### TASK ITEM
Go through the data below. Pull out every line that has the word "given".

Records from a dataset
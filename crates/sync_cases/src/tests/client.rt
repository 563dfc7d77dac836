//! Worked parts of keyless logs of three and of nine operations. Digests, asks and answers are those of
//! vectors/session.py.

mod later;
mod vectors;

ghost use Rattle.std.specs.Prelude.{◌≡◌, ◌≤◌, ◌^◌, ℕ, true, None, Option, IfOk, List as Items};
ghost use Rattle.sync_net.specs.Wire.{Wire};
ghost use Rattle.sync_net.specs.Service.{Service};

use self::vectors::{LEAF_0, LEAF_1, LEAF_2, OTHER_ROOT, PAIR, ROOT};
use ledger_codec::{Digest, List};
use ledger_log::{KeylessOp, Target};
use ledger_merkle::{Location, Proof};
use std::alloc::Global;
use sync_client::{CollectFault, Collector, Limits, NoTargets, SyncFault, sync_full};
use sync_net::{Generator, GetOperationsResponse, Link, LinkError, Machine};

/// The first operation.
const FIRST: [KeylessOp; 1] = [KeylessOp::Commit(None, Location::ZERO)];

/// The second operation.
const SECOND: [KeylessOp; 1] = [KeylessOp::Append([1; 32])];

/// The third operation.
const THIRD: [KeylessOp; 1] = [KeylessOp::Append([2; 32])];

/// The operations behind the first.
const REST: [KeylessOp; 2] = [KeylessOp::Append([1; 32]), KeylessOp::Append([2; 32])];

/// The operations behind the first, and one more.
const MANY: [KeylessOp; 3] = [
    KeylessOp::Append([1; 32]),
    KeylessOp::Append([2; 32]),
    KeylessOp::Append([3; 32]),
];

fn at(value: u64) -> Location
    requires { value ≤ 2 ^ 62 }
    ensures { result ≡ value }
{
    Location::ZERO.plus(value)
}

/// A collector of the operations from a place on, two at once.
fn collector(alloc: Global, start: u64) -> Option<Collector<KeylessOp>> {
    let target = Target::new(ROOT, Location::new(start)?, at(3))?;
    Some(Collector::new(alloc, target, Limits::new(2, 1)?))
}

/// An answer with these operations, the digests of their proof and pinned nodes.
fn answer(
    alloc: Global,
    ops: &[KeylessOp],
    digests: &[Digest],
    pinned: &[Digest],
) -> Option<GetOperationsResponse<KeylessOp>> {
    Some(GetOperationsResponse {
        request_id: 7,
        proof: Proof {
            leaves: at(3),
            inactive_peaks: 0,
            digests: List::from_vec(Vec::from_slice(alloc, digests).ok()?),
        },
        operations: List::from_vec(Vec::from_slice(alloc, ops).ok()?),
        pinned_nodes: Some(List::from_vec(Vec::from_slice(alloc, pinned).ok()?)),
    })
}

/// Where the range begins and ends that is asked next, and whether this answer to it is kept.
fn turn(
    collector: &mut Collector<KeylessOp>,
    answer: GetOperationsResponse<KeylessOp>,
) -> Option<(u64, u64, Result<(), CollectFault>)> {
    let asked = collector.next_ask().ok()??;
    let start = asked.start.get();
    let end = asked.end.get();
    Some((start, end, collector.accept(asked, 7, answer)))
}

/// The number of operations and pinned nodes of a finished part, or why there is none.
fn finished(collector: Collector<KeylessOp>) -> Option<Result<(usize, usize), CollectFault>> {
    if !collector.is_complete() {
        return None;
    }
    Some(match collector.finish() {
        Ok(part) => Ok((part.ops.as_slice().len(), part.pinned.as_slice().len())),
        Err(fault) => Err(fault),
    })
}

#[test]
fn limits_are_bounded(rt: HostRuntime) {
    assert!(rt; Limits::new(0, 1).is_none());
    assert!(rt; Limits::new(1, 0).is_none());
    assert!(rt; Limits::new(1, 65).is_none());
    assert!(rt; Limits::new(1, 64).is_some());
}

/// The asks of a collector whose first answer is short.
fn short_turns(alloc: Global) -> Option<[(u64, u64, Result<(), CollectFault>); 3]> {
    let mut all = collector(alloc, 0)?;
    let short = answer(alloc, &FIRST, &[LEAF_1, LEAF_2], &[])?;
    let first = turn(&mut all, short)?;
    let second = answer(alloc, &SECOND, &[LEAF_0, LEAF_2], &[])?;
    let rest = turn(&mut all, second)?;
    let third = answer(alloc, &THIRD, &[PAIR], &[])?;
    let last = turn(&mut all, third)?;
    Some([first, rest, last])
}

#[test]
fn the_rest_of_a_short_answer_is_asked(rt: HostRuntime) {
    let asked = [(0, 2, Ok(())), (1, 2, Ok(())), (2, 3, Ok(()))];
    assert!(rt; short_turns(rt.alloc()) == Some(asked));
}

/// The part from the second operation on, behind this pinned node.
fn part_behind(alloc: Global, node: Digest) -> Option<Result<(usize, usize), CollectFault>> {
    let mut all = collector(alloc, 1)?;
    let both = answer(alloc, &REST, &[LEAF_0], &[node])?;
    let _asked = turn(&mut all, both)?;
    finished(all)
}

#[test]
fn a_part_has_its_root(rt: HostRuntime) {
    assert!(rt; part_behind(rt.alloc(), LEAF_0) == Some(Ok((2, 1))));
}

/// The root over the leaves that come with a finished part.
fn root_of_leaves(alloc: Global) -> Option<Digest> {
    let mut all = collector(alloc, 1)?;
    let both = answer(alloc, &REST, &[LEAF_0], &[LEAF_0])?;
    let _asked = turn(&mut all, both)?;
    if !all.is_complete() {
        return None;
    }
    Some(all.finish_hashed().ok()?.list.root())
}

#[test]
fn a_part_comes_with_its_leaves(rt: HostRuntime) {
    assert!(rt; root_of_leaves(rt.alloc()) == Some(ROOT));
}

#[test]
fn a_wrong_pinned_node_gives_another_root(rt: HostRuntime) {
    let other = CollectFault::WrongRoot { found: OTHER_ROOT };
    assert!(rt; part_behind(rt.alloc(), LEAF_1) == Some(Err(other)));
}

/// Whether an answer to the range from the second operation on is kept.
fn kept(
    alloc: Global,
    ops: &[KeylessOp],
    digests: &[Digest],
    pinned: &[Digest],
) -> Option<Result<(), CollectFault>> {
    let mut all = collector(alloc, 1)?;
    let given = answer(alloc, ops, digests, pinned)?;
    Some(turn(&mut all, given)?.2)
}

#[test]
fn bad_answers_are_refused(rt: HostRuntime) {
    let alloc = rt.alloc();
    let refused = Some(Err(CollectFault::InvalidProof { request_id: 7 }));
    assert!(rt; kept(alloc, &REST, &[LEAF_0], &[]) == refused);
    assert!(rt; kept(alloc, &REST, &[LEAF_1], &[LEAF_0]) == refused);
    assert!(rt; kept(alloc, &[], &[LEAF_0], &[LEAF_0]) == refused);
    assert!(rt; kept(alloc, &MANY, &[LEAF_0], &[LEAF_0]) == refused);
}

/// A link that takes all and gives the end.
#[derive(Drop)]
struct Silent;

impl Link for Silent {
    ghost faults = { λ _. 0 };

    ghost exact = { true };

    ghost steady = { λ _. Unit {0} };

    ghost wire = { λ _. None };

    ghost service = { λ _. None };

    fn send(&mut self, _bytes: &[u8]) -> Result<(), LinkError> {
        Ok(())
    }

    fn recv(&mut self, _buffer: &mut [u8]) -> Result<usize, LinkError> {
        Ok(0)
    }
}

/// Why nothing is fetched over a silent link, and over the machine that was left by that.
fn faults_of_silence(alloc: Global) -> Option<(Option<SyncFault>, Option<SyncFault>)> {
    let target = Target::new(ROOT, at(0), at(3))?;
    let limits = Limits::new(2, 1)?;
    let mut machine: Machine<KeylessOp> = Machine::new(alloc, Generator::new());
    let first = sync_full(
        alloc,
        &target,
        &mut NoTargets,
        &limits,
        &mut machine,
        &mut Silent,
    )
    .err();
    let mut closed: Machine<KeylessOp> = Machine::new(alloc, Generator::new());
    let _ended = closed.end();
    let second = sync_full(
        alloc,
        &target,
        &mut NoTargets,
        &limits,
        &mut closed,
        &mut Silent,
    )
    .err();
    Some((first, second))
}

#[test]
fn a_silent_link_gives_nothing(rt: HostRuntime) {
    let faults = faults_of_silence(rt.alloc());
    assert!(rt;
        matches!(
            faults,
            Some((
                Some(SyncFault::RequestChannelClosed),
                Some(SyncFault::Closed)
            ))
        )
    );
}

### TASK RESULT
    let given = answer(alloc, ops, digests, pinned)?;
    Some(turn(&mut all, given)?.2)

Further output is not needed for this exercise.